According to the Federation Expenditure Budget, the Mexican Secretariat of Defense (Sedena) grew from 215,243 positions in 2019 to 259,689 in 2022 since AMLO assumed office, an increase of 20.6 percent.

Now, the Chamber of Deputies’ news comes only days after López Obrador’s initiative to absorb the National Guard into the Sedena was approved by the Chamber of Deputies on Saturday, Sept. 3, in another show of Mexico’s continued militarization.

The collaborative Armed Forces agreement to bolster the armed forces is uncommon territory for the conservative PRI and the in-power leftist National Regeneration Movement (Morena), who are generally opposed against one another rather than aligned on legislative arguments in the Chamber of Deputies.

De la Torre’s proposal includes provisions to alter the transitory fifth article from the 2019 decree that created the National Guard, which states that “during the five years following its entry into force, and as long as the National Guard develops its structure, capabilities and territorial implementation, the president of the republic may have the permanent Armed Forces in public security tasks in an extraordinary, regulated, supervised, subordinate and complementary manner.”
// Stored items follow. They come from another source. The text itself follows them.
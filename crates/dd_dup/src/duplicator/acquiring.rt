//! An acquire: whether anything is new, what it is, and the frame of it.

ghost use Rattle.std.specs.Prelude.{◌≡◌, ◌≤◌, Ok, IsTrue, IfOk, OnOk, false};
ghost use Rattle.dd_meta.specs.declared.buffer.TheConstants.{MAX_METADATA};

use super::Dup;
use crate::forward::draw_entries;
use crate::frame::{News, PictureNews, frame_of};
use crate::news::{point, tell};
use dd_calls::{DupRefusal, FrameInfo};
use dd_log::Log;
use std::alloc::AllocError;

impl Dup {
    ghost use Rattle.dd_log.specs.History.{legal, any_begins};
    ghost use Rattle.dd_dup.specs.News.{news, news_since, frame, picture_since};
    ghost use Rattle.dd_dup.specs.Reply.{granted, is_new, Answers};
    ghost use Rattle.dd_dup.specs.Duplicator.{holding, IsRefused};
    ghost use Rattle.dd_dup.specs.Acquiring.{Acquires};
    ghost use Rattle.dd_dup.specs.Stands.{Stands};

    /// What is new of the picture.
    fn news_of_picture(&self, log: &Log) -> Result<PictureNews, AllocError>
        requires stands { Stands self.now log.now }
        requires begins { any_begins (news log.now self.now.memory.mark) ≡ false }
        ensures { IfOk result (λ n. n ≡ picture_since log.now self.now.memory.mark) }
    {
        let entries = log.after(self.mark);
        let last_present = log.last_present(self.mark);
        tell(self.alloc, log.mode(), &self.hidden, last_present, entries)
    }

    /// Whether there is a present since the mark, or the pointer or its shape was set since the
    /// pointer mark.
    pub fn has_news(&self, log: &Log) -> bool
        ensures { result ≡ is_new self.now.memory log.now }
    {
        log.presented_since(self.mark) | log.pointed_since(self.pointer_mark)
    }

    /// Why an acquire is refused, where it is. It takes no memory.
    pub(crate) fn check_new(&self, log: &Log) -> Result<(), DupRefusal>
        requires { Stands self.now log.now }
        ensures answer { result ≡ granted self.now.memory log.now tt }
        ensures begins { OnOk result (any_begins (news log.now self.now.memory.mark) ≡ false) }
    {
        if self.is_lost(log) {
            return Err(DupRefusal::AccessLost);
        }
        if self.held.is_some() {
            return Err(DupRefusal::InvalidCall);
        }
        if !self.has_news(log) {
            return Err(DupRefusal::WaitTimeout);
        }
        Ok(())
    }

    /// What is new. It takes all memory that an acquire takes.
    pub(crate) fn gather(&self, log: &Log) -> Result<News, AllocError>
        requires stands { Stands self.now log.now }
        requires begins { any_begins (news log.now self.now.memory.mark) ≡ false }
        ensures { IfOk result (λ n. n ≡ news_since log.now self.now.memory.mark self.now.memory.pointer_mark) }
    {
        let picture = self.news_of_picture(log)?;
        let pointer = point(log, self.pointer_mark)?;
        Ok(News { picture, pointer })
    }

    /// Takes the frame of what is new.
    fn take(&mut self, log: &Log, next: News) -> FrameInfo
        requires stands { Stands self.old log.now }
        requires begins { any_begins (news log.now self.old.memory.mark) ≡ false }
        requires next { next ≡ news_since log.now self.old.memory.mark self.old.memory.pointer_mark }
        ensures info { result ≡ (frame log.now self.old.memory.mark self.old.memory.pointer_mark).info }
        ensures short { result.meta_size ≤ MAX_METADATA }
        ensures held { self.new ≡ holding self.old log.now }
        ensures legal { IsTrue (legal log.now) }
    {
        let entries = log.after(self.mark);
        draw_entries(&mut self.surface, entries);
        let (frame, hidden) = frame_of(next);
        let info = frame.info;
        self.folded += entries.len() as u64;
        self.hidden = hidden;
        self.mark = log.len();
        self.pointer_mark = self.mark;
        self.held = Some(frame);
        info
    }

    /// Holds the frame of what `gather` gave, with the surface brought forward, and says what the
    /// frame tells. It takes no memory.
    pub(crate) fn hold(&mut self, log: &Log, next: News) -> FrameInfo
        requires stands { Stands self.old log.now }
        requires next { granted self.old.memory log.now
            (news_since log.now self.old.memory.mark self.old.memory.pointer_mark) ≡ Ok next }
        ensures info { result ≡ (frame log.now self.old.memory.mark self.old.memory.pointer_mark).info }
        ensures short { result.meta_size ≤ MAX_METADATA }
        ensures held { self.new ≡ holding self.old log.now }
        ensures stands_still { Stands self.new log.now }
        ensures acquired { Acquires self.old self.new log.now }
    {
        self.take(log, next)
    }

    /// Acquires a frame where nothing refuses it.
    ///
    /// A call of its own, since what is new has its room on the stack: a refused acquire doesn't clear it.
    #[inline(never)]
    fn acquire_new(&mut self, log: &Log) -> Result<FrameInfo, DupRefusal>
        requires stands { Stands self.old log.now }
        requires begins { any_begins (news log.now self.old.memory.mark) ≡ false }
        requires granted { granted self.old.memory log.now (tt {0}) ≡ Ok tt }
        ensures answer { Answers result self.old.memory self.new.memory log.now }
        ensures refused { IsRefused result self.old self.new }
        ensures stands { Stands self.new log.now }
        ensures short { IfOk result (λ info. info.meta_size ≤ MAX_METADATA) }
        ensures acquired { OnOk result (Acquires self.old self.new log.now) }
    {
        let next = self.gather(log)?;
        Ok(self.hold(log, next))
    }

    /// Acquires a frame of what is new (AcquireNextFrame).
    ///
    /// A duplicator that is lost is AccessLost, and from then on holds no frame; a frame that is held is
    /// InvalidCall; no present since the mark, and no pointer or shape since the pointer mark, is
    /// WaitTimeout. No other refusal changes anything, nor does want of memory. A frame's metadata has
    /// at most 1,408 bytes.
    pub fn acquire(&mut self, log: &Log) -> Result<FrameInfo, DupRefusal>
        requires { Stands self.old log.now }
        ensures answer { Answers result self.old.memory self.new.memory log.now }
        ensures refused { IsRefused result self.old self.new }
        ensures stands { Stands self.new log.now }
        ensures short { IfOk result (λ info. info.meta_size ≤ MAX_METADATA) }
        // The surface is what is seen of the desk, and the frame rebuilds it from the one before. Its
        // dirt, where it wasn't rounded, is where something was drawn or scrolled to, and exactly what
        // all effects since the mark together draw afresh. Nothing of what covers hide is in them.
        ensures acquired { OnOk result (Acquires self.old self.new log.now) }
    {
        match self.check_new(log) {
            Ok(()) => self.acquire_new(log),
            Err(cause) => {
                self.refuse(log, cause);
                Err(cause)
            }
        }
    }
}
Considering the dilapidation of many of the Armed Forces’ barracks into account and the continued yet still incomplete construction of planned barracks for the National Guard, De la Torre’s proposal would keep the Armed Forces on the street of Mexico for several more years than initially planned before returning to the barracks, from 2024 to 2028. 

“A solid and effective police force is not built overnight. It implies long and complex processes, even more so when it is required to confront organized crime,” read De la Torre’s proposal. “For this reason, just three years after the creation of the National Guard and given the climate of violence that exists in various regions and entities of the country, it is useless to blame each other. This is not the time to polarize, but rather for the authorities to demonstrate high-mindedness and the will to build agreements in order to seek a solution and strategy that allows us to materialize the legitimate aspiration that all Mexicans have, such as living in peace.”

“We see that, unfortunately, the National Guard is not ready, in 2024 the Armed Forces have to leave and when that happens, what will the states and municipalities do?” De la Torre told the daily Mexican newspaper El Universal. “If they take away their support, the vulnerable population will remain. That is the reality of our country, and we must recognize it. This proposal leaves the constitution intact. The only thing it does is temporarily expand this support.”

The PRI’s usual ally, the conservative National Action Party (PAN), has expressed its concerns over the PRI’s implications of altering the Mexican Constitution to accomplish its goals and subsequently led to PAN President Marko Cortés calling on his peers to respect their agreed-upon constitutional moratorium.

“I say it with absolute clarity, the PAN does not agree with this modification because what it is doing is continuing to militarize the country, and we are not going to allow it as we continue fulfilling the commitment to society of a constitutional moratorium,” said Cortés. “We say no.”